I’ve been in the Data Science space for a number of years now, I first got interested in AI/Machine Learning in 2009 and have a background typical of a number of people in my field – I come from Physics and Mathematics.

One trend I’ve run into both at Corporates and Startups is that there are many challenges to deploying Data Science in a bureaucratic organisation – or delivering Enterprise Intelligence. Running into this problem led me to be interested in building data products.

One of the first people I saw building AI startups was Bradford Cross – and he’s been writing lately about his predictions for the 2017 in the Machine Learning startups space.

I agree with his precis that we’ll begin to see successful vertically-oriented AI startups solving full-stack industry problems that require subject matter expertise, unique data, and a product that uses AI to deliver its core value proposition.

At Elevate Direct we’re working on this working on the problem of sourcing and hiring contractors – so one of the fundamental problems that companies have which is hiring the best contractor talent out there.

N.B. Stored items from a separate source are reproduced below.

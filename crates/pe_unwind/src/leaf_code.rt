//! Finds the code of leaf functions: code that no entry of the exception directory covers.

ghost use Rattle.std.specs.Prelude.{◌≡◌, ◌++◌, ◌-◌, ◌≤◌, ◌<◌, ℕ, List, IfOk, OnOk, filter, not, string_bytes, true};
ghost use Rattle.std.specs.List.{flat_map, list_all, list_any};
ghost use Rattle.pe_unwind.specs.LeafCode.{ascend, covers, has, is_empty, is_int3, is_padding, leaf_rules, leaf_runs};
ghost use Rattle.pe_unwind.specs.LeafCode.{leaf_text, run_between, run_bytes, run_text, runs_of, section_end};
ghost use Rattle.pe_unwind.specs.LeafCode.{section_runs, uncovered};
ghost use Rattle.pe_image.specs.declared.exception_directory.FunctionEntry.{FunctionEntry};

use crate::cfi_text::push_first;
use crate::rules::{Rules, at_first, rules_of};
use pe_image::{FunctionEntry, Image, Section};
use std::alloc::{AllocError, Global};

/// The byte of `int3`, with which linkers pad the space between functions.
const INT3: u8 = 0xcc;

/// The size in bytes from which a range isn't taken for padding.
const LEAST_CODE: u32 = 16;

/// A range of code addresses, relative to the image base.
#[derive(Debug, Clone, Copy, PartialEq, Eq)]
pub struct CodeRun {
    /// The address of its first byte.
    pub begin: u32,
    /// The address just after its last byte.
    pub end: u32,
}

/// Appends the records of leaf functions: one for each range of the program's code that no entry covers. If the entries
/// aren't in ascending order, there are none.
pub fn push_leaf_records(
    alloc: Global,
    text: &mut String,
    image: &Image<'_>,
    entries: &[FunctionEntry],
) -> Result<(), AllocError>
    ensures answer { OnOk result (string_bytes text.new
        ≡ string_bytes text.old ++ leaf_text image.now entries.now) }
{
    let runs = leaf_runs(alloc, image, entries)?;
    push_run_records(alloc, text, &runs)
}

/// The ranges of a program's code that no entry covers, without the padding between functions. If the entries aren't in
/// ascending order, there are none.
pub fn leaf_runs(
    alloc: Global,
    image: &Image<'_>,
    entries: &[FunctionEntry],
) -> Result<Vec<CodeRun>, AllocError>
    ensures answer { IfOk result (λ runs. runs.items ≡ leaf_runs image.now entries.now) }
{
    if !ascend(entries) {
        return Ok(Vec::new(alloc));
    }
    let runs = runs_of(alloc, &image.sections, entries)?;
    without_padding(alloc, image, &runs)
}

/// Law: if entries are in ascending order, an address between two others is in a range exactly if no entry covers it.
pub fn runs_have_what_no_entry_covers()
    ensures { (entries : List FunctionEntry) (reach from to rva : ℕ) → ascend reach entries ≡ true → from ≤ rva
        → rva < to → list_any (has rva) (uncovered from to entries) ≡ not (list_any (covers rva) entries) }
{}

// The ranges that aren't padding.
fn without_padding(
    alloc: Global,
    image: &Image<'_>,
    runs: &[CodeRun],
) -> Result<Vec<CodeRun>, AllocError>
    ensures { IfOk result (λ kept. kept.items ≡ filter (λ run. not (is_padding image.now run)) runs.now) }
{
    let mut kept = Vec::new(alloc);
    for &run in runs {
        if !is_padding(image, run) {
            kept.push(run)?;
        }
    }
    Ok(kept)
}

// Appends the records of ranges.
fn push_run_records(alloc: Global, text: &mut String, runs: &[CodeRun]) -> Result<(), AllocError>
    ensures { OnOk result (string_bytes text.new ≡ string_bytes text.old ++ flat_map run_text runs.now) }
{
    for &run in runs {
        push_run_record(alloc, text, run)?;
    }
    Ok(())
}

// Appends the record of a range.
fn push_run_record(alloc: Global, text: &mut String, run: CodeRun) -> Result<(), AllocError>
    ensures { OnOk result (string_bytes text.new ≡ string_bytes text.old ++ run_text run) }
{
    let size = run.end.saturating_sub(run.begin);
    push_first(alloc, text, run.begin, size, &leaf_rules())
}

// The rules at each address of a leaf function.
fn leaf_rules() -> Rules
    ensures { result ≡ leaf_rules }
{
    rules_of(at_first())
}

// Whether entries are in ascending order and don't overlap.
fn ascend(entries: &[FunctionEntry]) -> bool
    ensures { result ≡ ascend 0 entries.now }
{
    let mut reach = 0;
    for &entry in entries {
        if is_empty(entry) {
            continue;
        }
        if entry.begin < reach {
            return false;
        }
        reach = entry.end;
    }
    true
}

// Whether an entry covers no address.
fn is_empty(entry: FunctionEntry) -> bool
    ensures { result ≡ is_empty entry }
{
    entry.end <= entry.begin
}

// The ranges of the executable sections that no entry covers.
fn runs_of(
    alloc: Global,
    sections: &[Section],
    entries: &[FunctionEntry],
) -> Result<Vec<CodeRun>, AllocError>
    ensures { IfOk result (λ runs. runs.items ≡ runs_of entries.now 0 sections.now) }
{
    let mut runs = Vec::new(alloc);
    let mut reach = 0;
    for &section in sections {
        push_section_runs(&mut runs, entries, reach, section)?;
        reach = reach.max(section_end(section));
    }
    Ok(runs)
}

// Appends the ranges of a section, if it begins at or after `reach`, the end of the sections before it.
fn push_section_runs(
    runs: &mut Vec<CodeRun>,
    entries: &[FunctionEntry],
    reach: u32,
    section: Section,
) -> Result<(), AllocError>
    ensures { OnOk result (runs.new.items ≡ runs.old.items ++ section_runs entries.now reach section) }
{
    if section.is_executable() && reach <= section.rva {
        push_uncovered(runs, section.rva, section_end(section), entries)?;
    }
    Ok(())
}

// The end of the bytes of a section.
fn section_end(section: Section) -> u32
    ensures { result ≡ section_end section }
{
    section
        .rva
        .saturating_add(section.size.min(section.file_size))
}

// Appends the ranges between two addresses that no entry covers.
fn push_uncovered(
    runs: &mut Vec<CodeRun>,
    from: u32,
    to: u32,
    entries: &[FunctionEntry],
) -> Result<(), AllocError>
    ensures { OnOk result (runs.new.items ≡ runs.old.items ++ uncovered from to entries.now) }
{
    let mut start = from;
    for &entry in entries {
        if !is_empty(entry) {
            push_run(runs, start, entry.begin.min(to))?;
            start = start.max(entry.end);
        }
    }
    push_run(runs, start, to)
}

// Appends the range between two addresses, if it isn't empty.
fn push_run(runs: &mut Vec<CodeRun>, begin: u32, end: u32) -> Result<(), AllocError>
    ensures { OnOk result (runs.new.items ≡ runs.old.items ++ run_between begin end) }
{
    if begin < end {
        runs.push(CodeRun { begin, end })?;
    }
    Ok(())
}

// Whether a range is padding between functions.
fn is_padding(image: &Image<'_>, run: CodeRun) -> bool
    ensures { result ≡ is_padding image.now run }
{
    let size = run.end.saturating_sub(run.begin);
    size < LEAST_CODE && are_int3(run_bytes(image, run, size))
}

// Whether all bytes are `int3`.
fn are_int3(bytes: &[u8]) -> bool
    ensures { result ≡ list_all is_int3 bytes.now }
{
    for &byte in bytes {
        if byte != INT3 {
            return false;
        }
    }
    true
}

// The bytes of a range of this size.
fn run_bytes<'a>(image: &Image<'a>, run: CodeRun, size: u32) -> &'a [u8]
    requires { size ≡ run.end - run.begin }
    ensures { result.now ≡ run_bytes image.now run }
{
    let bytes = image.bytes_from(run.begin);
    if bytes.len() < size as usize {
        return bytes;
    }
    let (first, _) = bytes.split_at(size as usize);
    first
}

So what are some of the reasons that it can be hard to deploy Data Science internally at a corporate organisation? I think a number of the patterns are related to other patterns we see in terms of software.

  1. Not being capable of building consumer facing software – Large (non-tech) organisations sometimes struggle to build and deliver software internally – I’ve seen a number of organisations fail to do this – their build process can be 6 months.
  2. Organisational anti-patterns – I’ve seen some organisations that rapidly inhibit the ability to deploy product. Some of these anti-patterns are driven by concerns about the risk of deploying software. And often end up with diffuse ownership – where an R and D team can blame the operations team and vice versa.
  3. Building Data Products is risky – Building data products is hard and risky – I think you really need to approach data products in a lean-startup kinda way. Deploy often, if it works it works, if not cut it. Sometimes the middle-management of large corporates is risk-averse and so find these kinds of projects scary. It also needs a lot of expertise –  subject-matter expertise, software expertise, machine learning expertise.
  4. Not allowing talented technical practitioners to use Open Source/ pick the tools – I once worked at a FTSE 100 company that it took me about 6 weeks to be able to install Open Source software tools such as R and Python. It severely restricted my productivity, in that time at a startup my team probably deployed into production, to a customer facing app about 1000 changes. This reminds me of the number 3 here. Don’t restrict the ability of your talented and well-trained people to deliver value. It makes no sense from a business point of view. Data Science produces value only when it produces products or insights for the business or the customers.
  5. Not having a Data Strategy – Data Science is most valuable when it aligns with the business strategy. Too often I’ve seen companies hiring data scientists before they have actual problems for them to work on. I’ve written about this before.
  6. Long term outsourcing deals – This is an insidious one, and one that came from a period of time when “IT didn’t matter”, before big Tech companies proved the value in the consumer space of for example e-commerce. It’s impossible to predict what will be the key tech for the next 10 years, so don’t lock yourself to a vendor for that period of time. Luckily this trend is reversing – we’re seeing the rise of agile, MVP, cloud computing, design thinking, getting closer to the customer. A great article on this re-shoring is here.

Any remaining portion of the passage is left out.